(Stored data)
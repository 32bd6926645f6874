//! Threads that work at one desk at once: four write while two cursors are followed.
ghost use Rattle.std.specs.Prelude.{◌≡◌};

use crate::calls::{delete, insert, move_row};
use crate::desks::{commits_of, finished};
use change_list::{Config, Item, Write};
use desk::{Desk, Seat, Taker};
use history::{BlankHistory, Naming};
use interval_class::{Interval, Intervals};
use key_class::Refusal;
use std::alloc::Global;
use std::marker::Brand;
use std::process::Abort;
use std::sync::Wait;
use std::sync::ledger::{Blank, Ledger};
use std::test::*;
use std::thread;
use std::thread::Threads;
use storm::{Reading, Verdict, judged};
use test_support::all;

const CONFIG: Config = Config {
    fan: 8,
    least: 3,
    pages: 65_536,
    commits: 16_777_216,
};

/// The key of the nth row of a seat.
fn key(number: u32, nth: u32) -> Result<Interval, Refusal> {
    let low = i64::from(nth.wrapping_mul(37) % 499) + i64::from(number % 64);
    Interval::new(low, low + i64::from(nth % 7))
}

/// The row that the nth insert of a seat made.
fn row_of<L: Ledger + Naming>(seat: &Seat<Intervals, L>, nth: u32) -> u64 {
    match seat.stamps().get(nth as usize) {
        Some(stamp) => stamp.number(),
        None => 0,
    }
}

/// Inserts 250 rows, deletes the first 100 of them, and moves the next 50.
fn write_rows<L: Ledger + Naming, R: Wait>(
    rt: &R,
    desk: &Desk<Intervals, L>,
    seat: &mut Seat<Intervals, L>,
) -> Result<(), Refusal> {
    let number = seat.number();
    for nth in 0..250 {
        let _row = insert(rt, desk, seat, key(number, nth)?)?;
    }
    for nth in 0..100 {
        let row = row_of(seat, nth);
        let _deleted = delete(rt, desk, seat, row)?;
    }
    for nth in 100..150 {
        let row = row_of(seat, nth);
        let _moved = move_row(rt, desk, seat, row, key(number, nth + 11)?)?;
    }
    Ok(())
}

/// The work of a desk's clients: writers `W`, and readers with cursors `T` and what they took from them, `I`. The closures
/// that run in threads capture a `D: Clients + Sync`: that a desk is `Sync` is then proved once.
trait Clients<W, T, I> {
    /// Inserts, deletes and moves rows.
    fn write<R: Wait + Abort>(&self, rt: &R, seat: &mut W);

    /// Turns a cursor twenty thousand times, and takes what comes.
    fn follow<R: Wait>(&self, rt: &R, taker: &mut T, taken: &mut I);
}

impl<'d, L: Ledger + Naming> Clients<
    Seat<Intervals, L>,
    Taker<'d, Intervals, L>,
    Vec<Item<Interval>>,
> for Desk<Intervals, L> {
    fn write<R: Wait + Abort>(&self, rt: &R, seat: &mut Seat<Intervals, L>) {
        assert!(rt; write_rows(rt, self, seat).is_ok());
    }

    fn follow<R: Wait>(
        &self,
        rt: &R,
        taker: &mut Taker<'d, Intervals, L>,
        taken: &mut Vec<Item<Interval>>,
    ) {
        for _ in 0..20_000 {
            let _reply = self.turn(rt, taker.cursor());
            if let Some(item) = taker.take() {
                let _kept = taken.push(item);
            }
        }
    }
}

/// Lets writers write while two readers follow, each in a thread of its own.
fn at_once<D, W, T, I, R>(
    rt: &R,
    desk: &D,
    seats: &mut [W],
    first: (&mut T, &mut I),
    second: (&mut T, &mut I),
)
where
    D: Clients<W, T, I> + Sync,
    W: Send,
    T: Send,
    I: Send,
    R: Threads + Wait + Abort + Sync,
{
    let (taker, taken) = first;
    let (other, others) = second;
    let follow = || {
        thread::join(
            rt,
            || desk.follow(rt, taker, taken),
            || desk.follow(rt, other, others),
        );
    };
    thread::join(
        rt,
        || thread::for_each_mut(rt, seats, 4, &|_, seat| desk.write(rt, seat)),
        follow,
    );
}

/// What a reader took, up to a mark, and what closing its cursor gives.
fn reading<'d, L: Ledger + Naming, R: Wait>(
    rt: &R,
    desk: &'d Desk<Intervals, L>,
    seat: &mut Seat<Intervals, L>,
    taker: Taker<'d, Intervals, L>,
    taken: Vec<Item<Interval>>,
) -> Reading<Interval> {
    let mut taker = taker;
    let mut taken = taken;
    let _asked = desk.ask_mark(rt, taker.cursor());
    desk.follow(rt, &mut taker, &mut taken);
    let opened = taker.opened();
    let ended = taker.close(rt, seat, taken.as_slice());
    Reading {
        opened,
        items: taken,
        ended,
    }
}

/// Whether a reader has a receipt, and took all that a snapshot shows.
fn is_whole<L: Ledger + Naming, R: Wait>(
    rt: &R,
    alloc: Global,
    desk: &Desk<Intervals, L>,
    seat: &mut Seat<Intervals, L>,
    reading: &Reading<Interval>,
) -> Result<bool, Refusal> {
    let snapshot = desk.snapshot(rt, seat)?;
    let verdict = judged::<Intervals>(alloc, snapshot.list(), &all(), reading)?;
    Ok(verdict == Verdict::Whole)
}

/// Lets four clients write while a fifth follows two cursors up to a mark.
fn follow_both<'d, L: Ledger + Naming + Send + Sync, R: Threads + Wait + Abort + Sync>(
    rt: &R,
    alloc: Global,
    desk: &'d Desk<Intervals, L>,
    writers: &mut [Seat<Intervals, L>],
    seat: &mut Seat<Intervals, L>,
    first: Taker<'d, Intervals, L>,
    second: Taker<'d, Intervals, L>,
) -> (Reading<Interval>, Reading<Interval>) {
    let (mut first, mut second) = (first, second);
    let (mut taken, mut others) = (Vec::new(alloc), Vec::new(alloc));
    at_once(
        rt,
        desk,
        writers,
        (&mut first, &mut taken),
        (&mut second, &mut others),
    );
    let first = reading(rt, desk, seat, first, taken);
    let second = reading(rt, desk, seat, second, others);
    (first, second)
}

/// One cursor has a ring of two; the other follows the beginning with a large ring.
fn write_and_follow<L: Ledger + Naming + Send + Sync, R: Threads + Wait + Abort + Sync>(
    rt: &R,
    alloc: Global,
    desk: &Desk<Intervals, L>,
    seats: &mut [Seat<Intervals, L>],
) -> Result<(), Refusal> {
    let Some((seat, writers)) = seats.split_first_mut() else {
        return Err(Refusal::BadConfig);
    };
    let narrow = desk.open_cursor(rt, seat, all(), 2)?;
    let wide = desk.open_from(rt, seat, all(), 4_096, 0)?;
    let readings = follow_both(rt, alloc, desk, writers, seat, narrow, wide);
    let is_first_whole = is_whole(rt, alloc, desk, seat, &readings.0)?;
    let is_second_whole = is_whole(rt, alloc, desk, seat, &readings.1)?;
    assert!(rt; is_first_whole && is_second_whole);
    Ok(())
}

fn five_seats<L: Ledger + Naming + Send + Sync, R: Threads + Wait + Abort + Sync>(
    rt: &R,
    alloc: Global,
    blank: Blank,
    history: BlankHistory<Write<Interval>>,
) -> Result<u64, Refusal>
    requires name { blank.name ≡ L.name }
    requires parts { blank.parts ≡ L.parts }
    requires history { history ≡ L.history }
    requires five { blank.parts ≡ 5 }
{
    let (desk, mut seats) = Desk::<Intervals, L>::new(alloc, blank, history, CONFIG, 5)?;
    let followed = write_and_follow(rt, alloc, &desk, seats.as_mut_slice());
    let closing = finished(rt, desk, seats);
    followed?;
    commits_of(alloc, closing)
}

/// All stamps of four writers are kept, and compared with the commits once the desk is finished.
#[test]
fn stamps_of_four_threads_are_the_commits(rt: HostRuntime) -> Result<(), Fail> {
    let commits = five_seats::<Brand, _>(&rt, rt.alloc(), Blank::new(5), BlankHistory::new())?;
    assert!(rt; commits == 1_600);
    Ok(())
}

TASK GOAL:
Return each line from the records that includes the word "closing".

EXPECTED ANSWER:
/// What a reader took, up to a mark, and what closing its cursor gives.
    let closing = finished(rt, desk, seats);
    commits_of(alloc, closing)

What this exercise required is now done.